→ **Saved entries**:
= = = =

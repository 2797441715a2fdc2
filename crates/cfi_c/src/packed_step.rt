//! The step from a frame to its caller, by a packed row, from C's values to C's values.
ghost use Rattle.std.specs.Prelude.{◌≡◌, ◌≤◌, Ok, length};
ghost use Rattle.cfi_read_core.specs.Addresses.{IsAddressSize};
ghost use Rattle.cfi_c.specs.PackedSteps.{IsPlacedBy, IsSteppedBy};
ghost use Rattle.cfi_c.specs.PassedRegisters.{plain_of};
ghost use Rattle.cfi_c.specs.SteppedFrames.{caller_or};
ghost use Rattle.cfi_c.specs.Ends.{end_at};

use crate::end::{CfiEnd, NONE, failed_end};
use crate::first_window::FirstWindow;
use crate::function::{CfiFunction, write_function, written_function};
use crate::memory::CfiMemory;
use crate::packed_caller::{caller_by, quick_caller};
use crate::packed_registers::{write_registers, write_ruled};
use crate::register::CfiValue;
use crate::step::CfiCaller;
use cfi_step::{Caller, PackedRow};

/// Writes the caller of a frame by a packed row, its registers, and what the row says of the
/// function.
#[inline(always)]
pub fn step_by_packed(
    row: &PackedRow,
    memory: &CfiMemory<'_>,
    registers: &[CfiValue],
    caller_registers: &mut [CfiValue],
    function: &mut CfiFunction,
    caller: &mut CfiCaller,
    end: &mut CfiEnd,
)
    requires size { IsAddressSize memory.now.address_size }
    requires room { length registers.now ≤ 256 }
    requires caller_room { length caller_registers.old ≤ 256 }
    ensures { IsSteppedBy memory.now registers.now row.now caller_registers.old
        caller_registers.new function.new caller.old caller.new end.new }
{
    *function = written_function(Some(row.function()));
    let first = FirstWindow::of(memory);
    match caller_by(row, memory, &first, registers) {
        Ok(found) => {
            write_registers(row, memory, &first, registers, found.cfa, caller_registers);
            write_caller(caller, found);
            write_end(end, found.pc);
        }
        Err(error) => *end = failed_end(error),
    }
}

/// The same, with the registers of the caller in the place of the frame's.
#[inline(always)]
pub fn step_in_place(
    row: &PackedRow,
    memory: &CfiMemory<'_>,
    registers: &mut [CfiValue],
    function: &mut CfiFunction,
    caller: &mut CfiCaller,
    end: &mut CfiEnd,
)
    requires size { memory.now.address_size ≡ 8 }
    requires room { length registers.old ≤ 256 }
    ensures { IsSteppedBy memory.now registers.old row.now (plain_of registers.old)
        (plain_of registers.new) function.new caller.old caller.new end.new }
{
    let first = FirstWindow::of(memory);
    let rules = row.rules();
    write_function(row, function);
    match quick_caller(row, rules, memory, &first, registers) {
        Some(found) => {
            write_caller(caller, found);
            write_end(end, found.pc);
            write_ruled(row, rules, memory, &first, found.cfa, registers);
        }
        None => step_by_any(row, memory, registers, caller, end),
    }
}

/// The same without the function, whatever the row and the memory are.
#[inline(never)]
fn step_by_any(
    row: &PackedRow,
    memory: &CfiMemory<'_>,
    registers: &mut [CfiValue],
    caller: &mut CfiCaller,
    end: &mut CfiEnd,
)
    requires size { IsAddressSize memory.now.address_size }
    requires room { length registers.old ≤ 256 }
    ensures { IsPlacedBy memory.now registers.old row.now (plain_of registers.old)
        (plain_of registers.new) caller.old caller.new end.new }
{
    let first = FirstWindow::of(memory);
    match caller_by(row, memory, &first, registers) {
        Ok(found) => {
            write_ruled(row, row.rules(), memory, &first, found.cfa, registers);
            write_caller(caller, found);
            write_end(end, found.pc);
        }
        Err(error) => *end = failed_end(error),
    }
}

/// Writes where the caller goes on.
#[inline(always)]
fn write_caller(caller: &mut CfiCaller, found: Caller)
    ensures { caller.new ≡ caller_or caller.old (Ok found) }
{
    // a field at a time, as in `packed_registers`
    caller.cfa = found.cfa;
    caller.pc = found.pc.unwrap_or(0);
    caller.args_size = found.args_size;
    caller.is_interrupted = found.is_interrupted;
}

/// Writes that there is a caller, or that the frame is the outermost one.
#[inline(always)]
fn write_end(end: &mut CfiEnd, pc: Option<u64>)
    ensures { end.new ≡ end_at pc }
{
    end.refused = 0;
    end.kind = if pc.is_some() { NONE } else { 0 };
    end.status = 0;
}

= = = =

→ **TASK OBJECTIVE**: Every record must be given again exactly as it was written.

→ **REPLY TO THE TASK**:
repository 2797441715a2fdc2
filename crates/cfi_c/src/packed_step.rt
//! The step from a frame to its caller, by a packed row, from C's values to C's values.
ghost use Rattle.std.specs.Prelude.{◌≡◌, ◌≤◌, Ok, length};
ghost use Rattle.cfi_read_core.specs.Addresses.{IsAddressSize};
ghost use Rattle.cfi_c.specs.PackedSteps.{IsPlacedBy, IsSteppedBy};
ghost use Rattle.cfi_c.specs.PassedRegisters.{plain_of};
ghost use Rattle.cfi_c.specs.SteppedFrames.{caller_or};
ghost use Rattle.cfi_c.specs.Ends.{end_at};

use crate::end::{CfiEnd, NONE, failed_end};
use crate::first_window::FirstWindow;
use crate::function::{CfiFunction, write_function, written_function};
use crate::memory::CfiMemory;
use crate::packed_caller::{caller_by, quick_caller};
use crate::packed_registers::{write_registers, write_ruled};
use crate::register::CfiValue;
use crate::step::CfiCaller;
use cfi_step::{Caller, PackedRow};

/// Writes the caller of a frame by a packed row, its registers, and what the row says of the
/// function.
#[inline(always)]
pub fn step_by_packed(
    row: &PackedRow,
    memory: &CfiMemory<'_>,
    registers: &[CfiValue],
    caller_registers: &mut [CfiValue],
    function: &mut CfiFunction,
    caller: &mut CfiCaller,
    end: &mut CfiEnd,
)
    requires size { IsAddressSize memory.now.address_size }
    requires room { length registers.now ≤ 256 }
    requires caller_room { length caller_registers.old ≤ 256 }
    ensures { IsSteppedBy memory.now registers.now row.now caller_registers.old
        caller_registers.new function.new caller.old caller.new end.new }
{
    *function = written_function(Some(row.function()));
    let first = FirstWindow::of(memory);
    match caller_by(row, memory, &first, registers) {
        Ok(found) => {
            write_registers(row, memory, &first, registers, found.cfa, caller_registers);
            write_caller(caller, found);
            write_end(end, found.pc);
        }
        Err(error) => *end = failed_end(error),
    }
}

/// The same, with the registers of the caller in the place of the frame's.
#[inline(always)]
pub fn step_in_place(
    row: &PackedRow,
    memory: &CfiMemory<'_>,
    registers: &mut [CfiValue],
    function: &mut CfiFunction,
    caller: &mut CfiCaller,
    end: &mut CfiEnd,
)
    requires size { memory.now.address_size ≡ 8 }
    requires room { length registers.old ≤ 256 }
    ensures { IsSteppedBy memory.now registers.old row.now (plain_of registers.old)
        (plain_of registers.new) function.new caller.old caller.new end.new }
{
    let first = FirstWindow::of(memory);
    let rules = row.rules();
    write_function(row, function);
    match quick_caller(row, rules, memory, &first, registers) {
        Some(found) => {
            write_caller(caller, found);
            write_end(end, found.pc);
            write_ruled(row, rules, memory, &first, found.cfa, registers);
        }
        None => step_by_any(row, memory, registers, caller, end),
    }
}

/// The same without the function, whatever the row and the memory are.
#[inline(never)]
fn step_by_any(
    row: &PackedRow,
    memory: &CfiMemory<'_>,
    registers: &mut [CfiValue],
    caller: &mut CfiCaller,
    end: &mut CfiEnd,
)
    requires size { IsAddressSize memory.now.address_size }
    requires room { length registers.old ≤ 256 }
    ensures { IsPlacedBy memory.now registers.old row.now (plain_of registers.old)
        (plain_of registers.new) caller.old caller.new end.new }
{
    let first = FirstWindow::of(memory);
    match caller_by(row, memory, &first, registers) {
        Ok(found) => {
            write_ruled(row, row.rules(), memory, &first, found.cfa, registers);
            write_caller(caller, found);
            write_end(end, found.pc);
        }
        Err(error) => *end = failed_end(error),
    }
}

/// Writes where the caller goes on.
#[inline(always)]
fn write_caller(caller: &mut CfiCaller, found: Caller)
    ensures { caller.new ≡ caller_or caller.old (Ok found) }
{
    // a field at a time, as in `packed_registers`
    caller.cfa = found.cfa;
    caller.pc = found.pc.unwrap_or(0);
    caller.args_size = found.args_size;
    caller.is_interrupted = found.is_interrupted;
}

/// Writes that there is a caller, or that the frame is the outermost one.
#[inline(always)]
fn write_end(end: &mut CfiEnd, pc: Option<u64>)
    ensures { end.new ≡ end_at pc }
{
    end.refused = 0;
    end.kind = if pc.is_some() { NONE } else { 0 };
    end.status = 0;
}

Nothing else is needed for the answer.